── Dataset records ──
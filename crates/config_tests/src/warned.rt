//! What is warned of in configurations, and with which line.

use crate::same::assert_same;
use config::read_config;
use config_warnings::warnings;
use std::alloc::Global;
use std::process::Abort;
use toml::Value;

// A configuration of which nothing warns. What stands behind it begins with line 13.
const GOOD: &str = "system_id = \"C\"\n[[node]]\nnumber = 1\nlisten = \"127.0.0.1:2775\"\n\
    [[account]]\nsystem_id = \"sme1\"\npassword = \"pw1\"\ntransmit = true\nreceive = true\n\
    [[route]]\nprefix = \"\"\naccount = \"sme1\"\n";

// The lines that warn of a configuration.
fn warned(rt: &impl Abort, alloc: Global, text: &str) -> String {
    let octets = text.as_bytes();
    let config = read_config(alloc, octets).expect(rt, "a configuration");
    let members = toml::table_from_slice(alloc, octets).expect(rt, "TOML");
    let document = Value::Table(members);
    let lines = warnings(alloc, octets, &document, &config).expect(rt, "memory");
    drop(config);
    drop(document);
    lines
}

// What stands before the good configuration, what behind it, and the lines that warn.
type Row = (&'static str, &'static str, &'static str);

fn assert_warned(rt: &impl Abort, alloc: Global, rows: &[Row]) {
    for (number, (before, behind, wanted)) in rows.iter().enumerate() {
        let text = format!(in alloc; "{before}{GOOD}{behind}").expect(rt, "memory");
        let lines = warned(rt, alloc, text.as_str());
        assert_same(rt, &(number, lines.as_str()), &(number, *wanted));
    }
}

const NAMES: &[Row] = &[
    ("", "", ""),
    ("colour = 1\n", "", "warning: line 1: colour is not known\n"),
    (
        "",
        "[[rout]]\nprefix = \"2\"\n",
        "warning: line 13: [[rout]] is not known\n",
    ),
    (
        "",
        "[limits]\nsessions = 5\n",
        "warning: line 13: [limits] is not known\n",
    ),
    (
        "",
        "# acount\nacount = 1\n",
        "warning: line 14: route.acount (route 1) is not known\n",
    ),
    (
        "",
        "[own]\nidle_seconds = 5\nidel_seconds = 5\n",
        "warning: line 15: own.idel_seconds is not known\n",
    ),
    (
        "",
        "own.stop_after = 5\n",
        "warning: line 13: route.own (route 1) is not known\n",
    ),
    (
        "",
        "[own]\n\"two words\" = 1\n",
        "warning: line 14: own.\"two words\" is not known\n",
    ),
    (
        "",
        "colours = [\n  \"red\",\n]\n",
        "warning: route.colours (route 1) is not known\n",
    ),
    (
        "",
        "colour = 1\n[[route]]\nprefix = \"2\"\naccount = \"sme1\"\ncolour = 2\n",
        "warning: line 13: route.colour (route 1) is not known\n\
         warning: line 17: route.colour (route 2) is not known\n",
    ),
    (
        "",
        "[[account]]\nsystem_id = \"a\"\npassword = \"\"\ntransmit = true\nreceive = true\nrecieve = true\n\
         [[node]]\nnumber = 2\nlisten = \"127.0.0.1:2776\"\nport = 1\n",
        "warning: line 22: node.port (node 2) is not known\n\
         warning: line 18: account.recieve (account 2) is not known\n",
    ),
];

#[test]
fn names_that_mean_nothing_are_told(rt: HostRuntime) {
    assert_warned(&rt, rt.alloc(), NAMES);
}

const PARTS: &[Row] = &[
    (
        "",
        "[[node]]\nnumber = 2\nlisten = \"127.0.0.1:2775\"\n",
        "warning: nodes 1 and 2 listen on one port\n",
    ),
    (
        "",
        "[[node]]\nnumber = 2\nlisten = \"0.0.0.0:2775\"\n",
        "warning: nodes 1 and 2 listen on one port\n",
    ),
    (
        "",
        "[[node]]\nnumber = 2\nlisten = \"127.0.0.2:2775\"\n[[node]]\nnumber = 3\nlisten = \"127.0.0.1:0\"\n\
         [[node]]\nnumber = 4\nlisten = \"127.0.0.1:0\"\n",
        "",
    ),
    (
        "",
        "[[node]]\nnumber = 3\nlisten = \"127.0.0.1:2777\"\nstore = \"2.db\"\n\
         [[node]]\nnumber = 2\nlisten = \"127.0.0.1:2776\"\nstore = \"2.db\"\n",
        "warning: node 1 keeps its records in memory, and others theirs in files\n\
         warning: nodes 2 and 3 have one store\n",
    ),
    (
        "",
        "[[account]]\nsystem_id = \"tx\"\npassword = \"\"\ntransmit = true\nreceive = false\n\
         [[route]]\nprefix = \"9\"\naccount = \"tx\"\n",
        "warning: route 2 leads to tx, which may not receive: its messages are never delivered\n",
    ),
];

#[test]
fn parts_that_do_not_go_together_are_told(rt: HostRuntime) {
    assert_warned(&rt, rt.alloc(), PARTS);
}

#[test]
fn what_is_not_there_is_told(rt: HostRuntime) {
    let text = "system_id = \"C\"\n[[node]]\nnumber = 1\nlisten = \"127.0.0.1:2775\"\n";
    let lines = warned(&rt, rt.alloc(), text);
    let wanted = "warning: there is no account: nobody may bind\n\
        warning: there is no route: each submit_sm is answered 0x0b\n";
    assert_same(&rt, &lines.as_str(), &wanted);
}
───
### What you need to do
The entire set of entries, and nothing else, should be set down exactly.

### Task solution
filename crates/config_tests/src/warned.rt
//! What is warned of in configurations, and with which line.

use crate::same::assert_same;
use config::read_config;
use config_warnings::warnings;
use std::alloc::Global;
use std::process::Abort;
use toml::Value;

// A configuration of which nothing warns. What stands behind it begins with line 13.
const GOOD: &str = "system_id = \"C\"\n[[node]]\nnumber = 1\nlisten = \"127.0.0.1:2775\"\n\
    [[account]]\nsystem_id = \"sme1\"\npassword = \"pw1\"\ntransmit = true\nreceive = true\n\
    [[route]]\nprefix = \"\"\naccount = \"sme1\"\n";

// The lines that warn of a configuration.
fn warned(rt: &impl Abort, alloc: Global, text: &str) -> String {
    let octets = text.as_bytes();
    let config = read_config(alloc, octets).expect(rt, "a configuration");
    let members = toml::table_from_slice(alloc, octets).expect(rt, "TOML");
    let document = Value::Table(members);
    let lines = warnings(alloc, octets, &document, &config).expect(rt, "memory");
    drop(config);
    drop(document);
    lines
}

// What stands before the good configuration, what behind it, and the lines that warn.
type Row = (&'static str, &'static str, &'static str);

fn assert_warned(rt: &impl Abort, alloc: Global, rows: &[Row]) {
    for (number, (before, behind, wanted)) in rows.iter().enumerate() {
        let text = format!(in alloc; "{before}{GOOD}{behind}").expect(rt, "memory");
        let lines = warned(rt, alloc, text.as_str());
        assert_same(rt, &(number, lines.as_str()), &(number, *wanted));
    }
}

const NAMES: &[Row] = &[
    ("", "", ""),
    ("colour = 1\n", "", "warning: line 1: colour is not known\n"),
    (
        "",
        "[[rout]]\nprefix = \"2\"\n",
        "warning: line 13: [[rout]] is not known\n",
    ),
    (
        "",
        "[limits]\nsessions = 5\n",
        "warning: line 13: [limits] is not known\n",
    ),
    (
        "",
        "# acount\nacount = 1\n",
        "warning: line 14: route.acount (route 1) is not known\n",
    ),
    (
        "",
        "[own]\nidle_seconds = 5\nidel_seconds = 5\n",
        "warning: line 15: own.idel_seconds is not known\n",
    ),
    (
        "",
        "own.stop_after = 5\n",
        "warning: line 13: route.own (route 1) is not known\n",
    ),
    (
        "",
        "[own]\n\"two words\" = 1\n",
        "warning: line 14: own.\"two words\" is not known\n",
    ),
    (
        "",
        "colours = [\n  \"red\",\n]\n",
        "warning: route.colours (route 1) is not known\n",
    ),
    (
        "",
        "colour = 1\n[[route]]\nprefix = \"2\"\naccount = \"sme1\"\ncolour = 2\n",
        "warning: line 13: route.colour (route 1) is not known\n\
         warning: line 17: route.colour (route 2) is not known\n",
    ),
    (
        "",
        "[[account]]\nsystem_id = \"a\"\npassword = \"\"\ntransmit = true\nreceive = true\nrecieve = true\n\
         [[node]]\nnumber = 2\nlisten = \"127.0.0.1:2776\"\nport = 1\n",
        "warning: line 22: node.port (node 2) is not known\n\
         warning: line 18: account.recieve (account 2) is not known\n",
    ),
];

#[test]
fn names_that_mean_nothing_are_told(rt: HostRuntime) {
    assert_warned(&rt, rt.alloc(), NAMES);
}

const PARTS: &[Row] = &[
    (
        "",
        "[[node]]\nnumber = 2\nlisten = \"127.0.0.1:2775\"\n",
        "warning: nodes 1 and 2 listen on one port\n",
    ),
    (
        "",
        "[[node]]\nnumber = 2\nlisten = \"0.0.0.0:2775\"\n",
        "warning: nodes 1 and 2 listen on one port\n",
    ),
    (
        "",
        "[[node]]\nnumber = 2\nlisten = \"127.0.0.2:2775\"\n[[node]]\nnumber = 3\nlisten = \"127.0.0.1:0\"\n\
         [[node]]\nnumber = 4\nlisten = \"127.0.0.1:0\"\n",
        "",
    ),
    (
        "",
        "[[node]]\nnumber = 3\nlisten = \"127.0.0.1:2777\"\nstore = \"2.db\"\n\
         [[node]]\nnumber = 2\nlisten = \"127.0.0.1:2776\"\nstore = \"2.db\"\n",
        "warning: node 1 keeps its records in memory, and others theirs in files\n\
         warning: nodes 2 and 3 have one store\n",
    ),
    (
        "",
        "[[account]]\nsystem_id = \"tx\"\npassword = \"\"\ntransmit = true\nreceive = false\n\
         [[route]]\nprefix = \"9\"\naccount = \"tx\"\n",
        "warning: route 2 leads to tx, which may not receive: its messages are never delivered\n",
    ),
];

#[test]
fn parts_that_do_not_go_together_are_told(rt: HostRuntime) {
    assert_warned(&rt, rt.alloc(), PARTS);
}

#[test]
fn what_is_not_there_is_told(rt: HostRuntime) {
    let text = "system_id = \"C\"\n[[node]]\nnumber = 1\nlisten = \"127.0.0.1:2775\"\n";
    let lines = warned(&rt, rt.alloc(), text);
    let wanted = "warning: there is no account: nobody may bind\n\
        warning: there is no route: each submit_sm is answered 0x0b\n";
    assert_same(&rt, &lines.as_str(), &wanted);
}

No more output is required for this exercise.